> [TASK DIRECTIONS] Using the records that appear below, write out exactly the lines from the one with "keep(mem, row, u16_at(rec, 6) as usize, name);" through the one with "mem.old) × ((block_count_of", keeping both end lines.

> [INPUT RECORDS]
┏━━

// A record that was accepted, by its kind.
ghost use Rattle.std.specs.Prelude.{◌≡◌, ◌+◌, ◌≤◌, ◌<◌, length};
ghost use Rattle.settings.specs.Quorum.{largest, replicas};
ghost use Rattle.codec.specs.Names.{name_length};
ghost use Rattle.wire.specs.Fields.{sender_of, view_of, name_of, progress_of, timeout_length, header_length, vote_length, block_length};
ghost use Rattle.wire.specs.Content.{content};
ghost use Rattle.memory.specs.Layout.{memory_length, entry_room, row_size, settings_of, block_count_of, timeout_row};
ghost use Rattle.memory.specs.Kept.{keep};
ghost use Rattle.protocol.specs.Refusals.{store_length};
ghost use Rattle.protocol.specs.Events.{proposition_of, on_record};
ghost use Rattle.act.specs.Draft.{Ready};
ghost use Rattle.act.specs.Progress.{IsProgress};
ghost use Rattle.event.specs.Event.{Gives, HeldIs, HasRoom, placed_for, counted_in, Asked, Taken, proposed_block, said_block};

use crate::{Event, block_of, no_block, proposition, take_place};
use act::Draft;
use act::progress::progress;
use codec::num::{u16_at, u64_at};
use memory::kept::{commit_row, keep, timeout_row, vote_row};
use settings::View;
use wire::read::kind_at;
use wire::{Kind, length};

// The name of a vote or of a commit, in its row.
fn keep_ballot(mem: &mut [u8], row: usize, rec: &[u8])
    requires { ((row ≤ 65535) × (row + row_size name_length ≤ length mem.old)) × ((length rec.now ≡ vote_length) × (sender_of rec.now < largest)) }
    ensures { mem.new ≡ keep mem.old row name_length (sender_of rec.now) (name_of rec.now) }
{
    let name = &rec[16..length::VOTE];
    keep(mem, row, u16_at(rec, 6) as usize, name);
}

fn keep_timeout(mem: &mut [u8], rec: &[u8])
    requires { (memory_length ≤ length mem.old) × ((length rec.now ≡ timeout_length) × (sender_of rec.now < largest)) }
    ensures { mem.new ≡ keep mem.old (timeout_row (view_of rec.now)) timeout_length (sender_of rec.now) rec.now }
{
    let row = timeout_row(View(u64_at(rec, 8)));
    keep(mem, row, u16_at(rec, 6) as usize, rec);
}

fn on_proposal(mem: &mut [u8], out: &mut [u8], d: Draft, rec: &[u8], held: bool) -> Event
    requires { Ready d mem.old out.old (entry_room + vote_length) × (IsProgress (replicas (settings_of mem.old)) (progress_of rec.now) × HasRoom mem.old held) }
    ensures { Gives (proposition_of (view_of rec.now) (proposed_block rec.now) (progress_of rec.now)) (HeldIs (name_of rec.now) held) d mem.old out.old result mem.new out.new }
{
    let view = View(u64_at(rec, 8));
    let block = block_of(wire::read::proposed(rec));
    proposition(
        mem,
        out,
        d,
        view,
        block,
        &rec[length::PROPOSAL_HEAD..],
        held,
    )
}

fn on_block(mem: &mut [u8], d: Draft, rec: &[u8], held: bool) -> Event
    requires { (memory_length ≤ length mem.old) × ((block_count_of mem.old ≤ store_length) × (block_length ≤ length rec.now)) }
    ensures { (result.draft ≡ d) × ((result.placed ≡ placed_for mem.old (said_block rec.now) held) × (mem.new ≡ counted_in mem.old held)) }
{
    let block = block_of(wire::read::block(rec));
    let placed = take_place(mem, block, held);
    Event { draft: d, placed }
}

pub fn on_record(mem: &mut [u8], out: &mut [u8], d: Draft, rec: &[u8], held: bool) -> Event
    requires { Ready d mem.old out.old (entry_room + vote_length) × ((header_length ≤ length rec.now) × Taken mem.old rec.now held) }
    ensures { Gives (on_record rec.now (content rec.now)) (Asked rec.now held) d mem.old out.old result mem.new out.new }
{
    let Some(kind) = kind_at(rec, 4) else {
        unreachable!();
    };
    match kind {
        Kind::Vote => {
            keep_ballot(mem, vote_row(View(u64_at(rec, 8))), rec);
            no_block(d)
        }
        Kind::Commit => {
            keep_ballot(mem, commit_row(View(u64_at(rec, 8))), rec);
            no_block(d)
        }
        Kind::Timeout => {
            keep_timeout(mem, rec);
            no_block(d)
        }
        Kind::Proposal => on_proposal(mem, out, d, rec, held),
        Kind::Block => on_block(mem, d, rec, held),
        _ => no_block(progress(mem, out, d, rec)),
    }
}
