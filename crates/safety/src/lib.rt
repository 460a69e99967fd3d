// Why all releases lie along one chain, for any step machine: no code, definitions in specs/ and theorems in proofs/.
// Promises: where at least n - f replicas are honest and each keeps what `Keeps` of specs/Run.antt asks, call by call, the rows of any two honest
// replicas are linked from genesis on, and the shorter one is the beginning of the longer (`row_linked`, `one_chain`, `one_length` of proofs/Run.antt).
// Rests on the quorums of `settings` and on the order and the safe certificate of `certificate`.
#![tactic(auto)]
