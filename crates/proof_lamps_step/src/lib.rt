// Proof only: what one step shows, and how minimum green and a walk go on in it. It serves proof_lamps. See proofs/.
#![tactic(auto)]
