// The format of the ten messages: definitions in specs/, laws in proofs/, no code. The crate `apdu` has the records, `apdu_reading` the reader.

#![tactic(auto)]
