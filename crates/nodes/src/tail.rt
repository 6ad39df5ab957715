// What is left of a block from a place on, and what stands there.
ghost use Rattle.std.specs.Prelude.{◌≡◌, ◌+◌, ◌^◌, ◌<◌, length};
ghost use Rattle.std.specs.List.{list_all};
ghost use Rattle.nodes.specs.Items.{stands};
ghost use Rattle.nodes.specs.Headers.{Headed, header_shown};
ghost use Rattle.nodes.specs.Seen.{readable, IsRead};
ghost use Rattle.nodes.specs.Views.{viewed, items_shown};

use crate::bytes::le_u32;
use crate::header::{Header, padded_len, passing_header};
use crate::item::Item;
use crate::node::{read_content, read_entry};
use kinds::Kind;

// The bytes of a block from the place `at` on, with the flags of the whole block.
#[derive(Clone, Copy)]
pub(crate) struct Tail<'a> {
    pub(crate) bytes: &'a [u8],
    pub(crate) readable: &'a [bool],
    pub(crate) at: usize,
    ghost fits: { at + length bytes.now < 2 ^ 64 },
}

// An item, and how many bytes of the block it takes up.
#[derive(Clone, Copy)]
pub(crate) struct Standing<'a> {
    pub(crate) item: Item<'a>,
    pub(crate) size: usize,
}

// Whether all flags are set.
fn are_set(flags: &[bool]) -> bool
    ensures { result ≡ list_all (λ flag. flag) flags.now }
{
    flags.iter().all(|flag| *flag)
}

// Whether the n bytes at a place could all be read.
fn readable_to(flags: &[bool], at: usize, n: usize) -> bool
    requires { (0 < n) × (at + n < 2 ^ 64) }
    ensures { result ≡ readable flags.now at n }
{
    flags.get(at / 4..(at + n).div_ceil(4)).is_some_and(are_set)
}

impl<'a> Tail<'a> {
    ghost use Rattle.nodes.specs.Tail.{seen_behind};
    ghost use Rattle.nodes.specs.Views.{sized, standing_shown};

    // The first n bytes, if there are so many and they could all be read.
    pub(crate) fn front(self, n: usize) -> Option<&'a [u8]>
        requires { 0 < n }
        ensures { IsRead (seen_behind self.entry) n result }
    {
        let front = self.bytes.get(..n)?;
        readable_to(self.readable, self.at, n).then_some(front)
    }

    // The item of which this is the header, if it passes. Of any kind but entries and contents the header decides.
    fn item(self, header: Header<'_>) -> Option<Item<'a>>
        requires { Headed self.readable.now self.at self.bytes.now (header_shown header) }
        ensures { items_shown result ≡ viewed (stands (seen_behind self.entry)) }
    {
        let length = header.totlen as usize;
        match Kind::try_from(header.kind) {
            Ok(Kind::Marker) => Some(Item::Marker { length }),
            Ok(Kind::Padding) => Some(Item::Padding { length }),
            Ok(Kind::Entry) => {
                let bytes = self.front(length)?;
                let entry = read_entry(bytes)?;
                Some(Item::Entry { bytes, entry })
            }
            Ok(Kind::Content) => {
                let bytes = self.front(length)?;
                let content = read_content(bytes)?;
                Some(Item::Content { bytes, content })
            }
            Err(_) => Some(Item::Unknown {
                kind: header.kind,
                length,
            }),
        }
    }

    // What stands at the front, if anything does. An item has to be readable as far as it decides what it is: 4 bytes of a
    // zero word, all of an entry or a content, else the header.
    pub(crate) fn standing(self) -> Option<Standing<'a>>
        ensures { standing_shown result ≡ sized (stands (seen_behind self.entry)) }
    {
        let word = self.front(4)?;
        if le_u32(word, 0) == 0 {
            return Some(Standing {
                item: Item::Zero,
                size: 4,
            });
        }
        self.front(12)?;
        let header = passing_header(self.bytes)?;
        let item = self.item(header)?;
        Some(Standing {
            item,
            size: padded_len(header.totlen),
        })
    }
}
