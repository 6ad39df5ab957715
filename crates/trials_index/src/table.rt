// The table of blocks: what changes it, and what it is asked.
use crate::answer::Answer;
use crate::command::{Change, Command, Question};
use index::block::{Block, State};
use index::contents::{file_length, run_at};
use index::entries::{count_names, entry_of, next_entry};
use index::name::{Name, NameTooLong};
use index::numbers::{highest_number, highest_version};
use index::record::{ContentRecord, EntryRecord};
use index::spent::{find_spent, is_missed};
use std::alloc::{AllocFailed, Global};
use std::num::TryFromIntError;

// A change that cannot be made.
#[derive(Clone, Copy)]
pub(crate) struct NotPossible;

impl<T: Drop> From<AllocFailed<T>> for NotPossible {
    fn from(_failed: AllocFailed<T>) -> NotPossible {
        NotPossible
    }
}

impl From<TryFromIntError> for NotPossible {
    fn from(_too_large: TryFromIntError) -> NotPossible {
        NotPossible
    }
}

impl From<NameTooLong> for NotPossible {
    fn from(_too_long: NameTooLong) -> NotPossible {
        NotPossible
    }
}

#[derive(Drop)]
pub(crate) struct Table {
    blocks: Vec<Block>,
}

// The state of a number, where an open block has this end.
fn state_of(number: u32, end: usize) -> Result<State, NotPossible> {
    match number {
        1 => Ok(State::Spent),
        2 => Ok(State::Bare),
        3 => Ok(State::Open { end }),
        4 => Ok(State::Full),
        _ => Err(NotPossible),
    }
}

// The number of a state. No `From`: the type is the index's, and the number is the script's.
fn number_of(state: State) -> usize {
    match state {
        State::Spent => 1,
        State::Bare => 2,
        State::Open { .. } => 3,
        State::Full => 4,
    }
}

fn with_bit(bits: usize, bit: bool) -> usize {
    bits.wrapping_mul(2) | usize::from(bit)
}

// A bit for each record that says whether it would be missed without its block: block by block, entries first.
fn missed(blocks: &[Block]) -> usize {
    let mut bits = 1;
    for (home, block) in blocks.iter().enumerate() {
        for entry in &block.entries {
            bits = with_bit(bits, is_missed(blocks, home, entry));
        }
        for content in &block.contents {
            bits = with_bit(bits, is_missed(blocks, home, content));
        }
    }
    bits
}

// A digit for the state of each block.
fn states(blocks: &[Block]) -> usize {
    blocks.iter().fold(0usize, |digits, block| {
        digits.wrapping_mul(10).wrapping_add(number_of(block.state))
    })
}

impl Table {
    pub(crate) fn new(heap: Global) -> Table {
        Table {
            blocks: Vec::new(heap),
        }
    }

    fn block(&mut self, home: usize) -> Result<&mut Block, NotPossible> {
        self.blocks.get_mut(home).ok_or(NotPossible)
    }

    fn add_block(&mut self) -> Result<(), NotPossible> {
        let heap = *self.blocks.allocator();
        self.blocks.push(Block {
            state: State::Bare,
            entries: Vec::new(heap),
            contents: Vec::new(heap),
        })?;
        Ok(())
    }

    // Makes a change, if it is possible.
    fn change(&mut self, change: Change<'_>) -> Result<(), NotPossible> {
        match change {
            Change::Block => self.add_block()?,
            Change::State { block, number, end } => {
                self.block(block)?.state = state_of(number, end)?;
            }
            Change::Entry {
                place,
                pino,
                version,
                ino,
                dtype,
                name,
            } => {
                self.block(place.block)?.entries.push(EntryRecord {
                    place,
                    length: name.len().saturating_add(40),
                    pino,
                    version,
                    ino,
                    dtype: u8::try_from(dtype)?,
                    name: Name::try_from(name.as_bytes())?,
                })?;
            }
            Change::Content(content) => {
                self.block(content.place.block)?.contents.push(content)?;
            }
            Change::Find => find_spent(&mut self.blocks),
        }
        Ok(())
    }

    // The answer to a question.
    fn ask(&self, question: Question<'_>) -> Answer {
        let blocks = &self.blocks;
        match question {
            Question::Of { pino, name } => entry_of(blocks, pino, name.as_bytes()).into(),
            Question::Next { pino, name } => next_entry(blocks, pino, name.as_bytes()).into(),
            Question::Run { ino, at, limit } => run_at(blocks, ino, at, limit).into(),
            Question::Names { pino } => Answer::Is(count_names(blocks, pino)),
            Question::Length { ino } => Answer::Is(file_length(blocks, ino) as usize),
            Question::Version { number } => Answer::Is(highest_version(blocks, number) as usize),
            Question::Number => Answer::Is(highest_number(blocks) as usize),
            Question::Missed => Answer::Is(missed(blocks)),
            Question::States => Answer::Is(states(blocks)),
        }
    }

    // What a line answers.
    pub(crate) fn answer(&mut self, command: Command<'_>) -> Answer {
        match command {
            Command::Change(change) => Answer::Changed(self.change(change)),
            Command::Question(question) => self.ask(question),
        }
    }
}
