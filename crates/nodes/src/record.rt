// The fields of the two kinds of node, as read from the flash or as wanted there. What the rules do not name is left out. The
// type, the mode and the compression stay numbers: each that can stand on a flash is kept, so that a mount can refuse it.

// A name in a directory (JFFS2's dirent): `ino` is the number that it names. A removal has `ino` and `dtype` 0.
#[derive(Clone, Copy)]
pub struct Entry<'a> {
    pub pino: u32,
    pub version: u32,
    pub ino: u32,
    pub dtype: u8,
    pub name: &'a [u8],
}

// The length of a file, and a run of its bytes (JFFS2's inode node): `dsize` bytes at `offset`, given by the payload, or
// zeros where `compr` is 1, a hole.
#[derive(Clone, Copy)]
pub struct Content<'a> {
    pub ino: u32,
    pub version: u32,
    pub mode: u32,
    pub isize: u32,
    pub offset: u32,
    pub dsize: u32,
    pub compr: u8,
    pub payload: &'a [u8],
}
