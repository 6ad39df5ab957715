// What stands on an erase block: JFFS2 items. Start reading at `reader`, which hands them out one by one; specs/Walk.antt says
// which they are. `judge` says which of them a mount refuses.
#![tactic(auto)]

pub(crate) mod bytes;
pub mod header;
pub mod image;
pub mod item;
pub mod judge;
pub(crate) mod node;
pub mod reader;
pub mod record;
pub(crate) mod tail;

┗━━

> [WRITTEN ANSWER]
    keep(mem, row, u16_at(rec, 6) as usize, name);
}

fn keep_timeout(mem: &mut [u8], rec: &[u8])
    requires { (memory_length ≤ length mem.old) × ((length rec.now ≡ timeout_length) × (sender_of rec.now < largest)) }
    ensures { mem.new ≡ keep mem.old (timeout_row (view_of rec.now)) timeout_length (sender_of rec.now) rec.now }
{
    let row = timeout_row(View(u64_at(rec, 8)));
    keep(mem, row, u16_at(rec, 6) as usize, rec);
}

fn on_proposal(mem: &mut [u8], out: &mut [u8], d: Draft, rec: &[u8], held: bool) -> Event
    requires { Ready d mem.old out.old (entry_room + vote_length) × (IsProgress (replicas (settings_of mem.old)) (progress_of rec.now) × HasRoom mem.old held) }
    ensures { Gives (proposition_of (view_of rec.now) (proposed_block rec.now) (progress_of rec.now)) (HeldIs (name_of rec.now) held) d mem.old out.old result mem.new out.new }
{
    let view = View(u64_at(rec, 8));
    let block = block_of(wire::read::proposed(rec));
    proposition(
        mem,
        out,
        d,
        view,
        block,
        &rec[length::PROPOSAL_HEAD..],
        held,
    )
}

fn on_block(mem: &mut [u8], d: Draft, rec: &[u8], held: bool) -> Event
    requires { (memory_length ≤ length mem.old) × ((block_count_of mem.old ≤ store_length) × (block_length ≤ length rec.now)) }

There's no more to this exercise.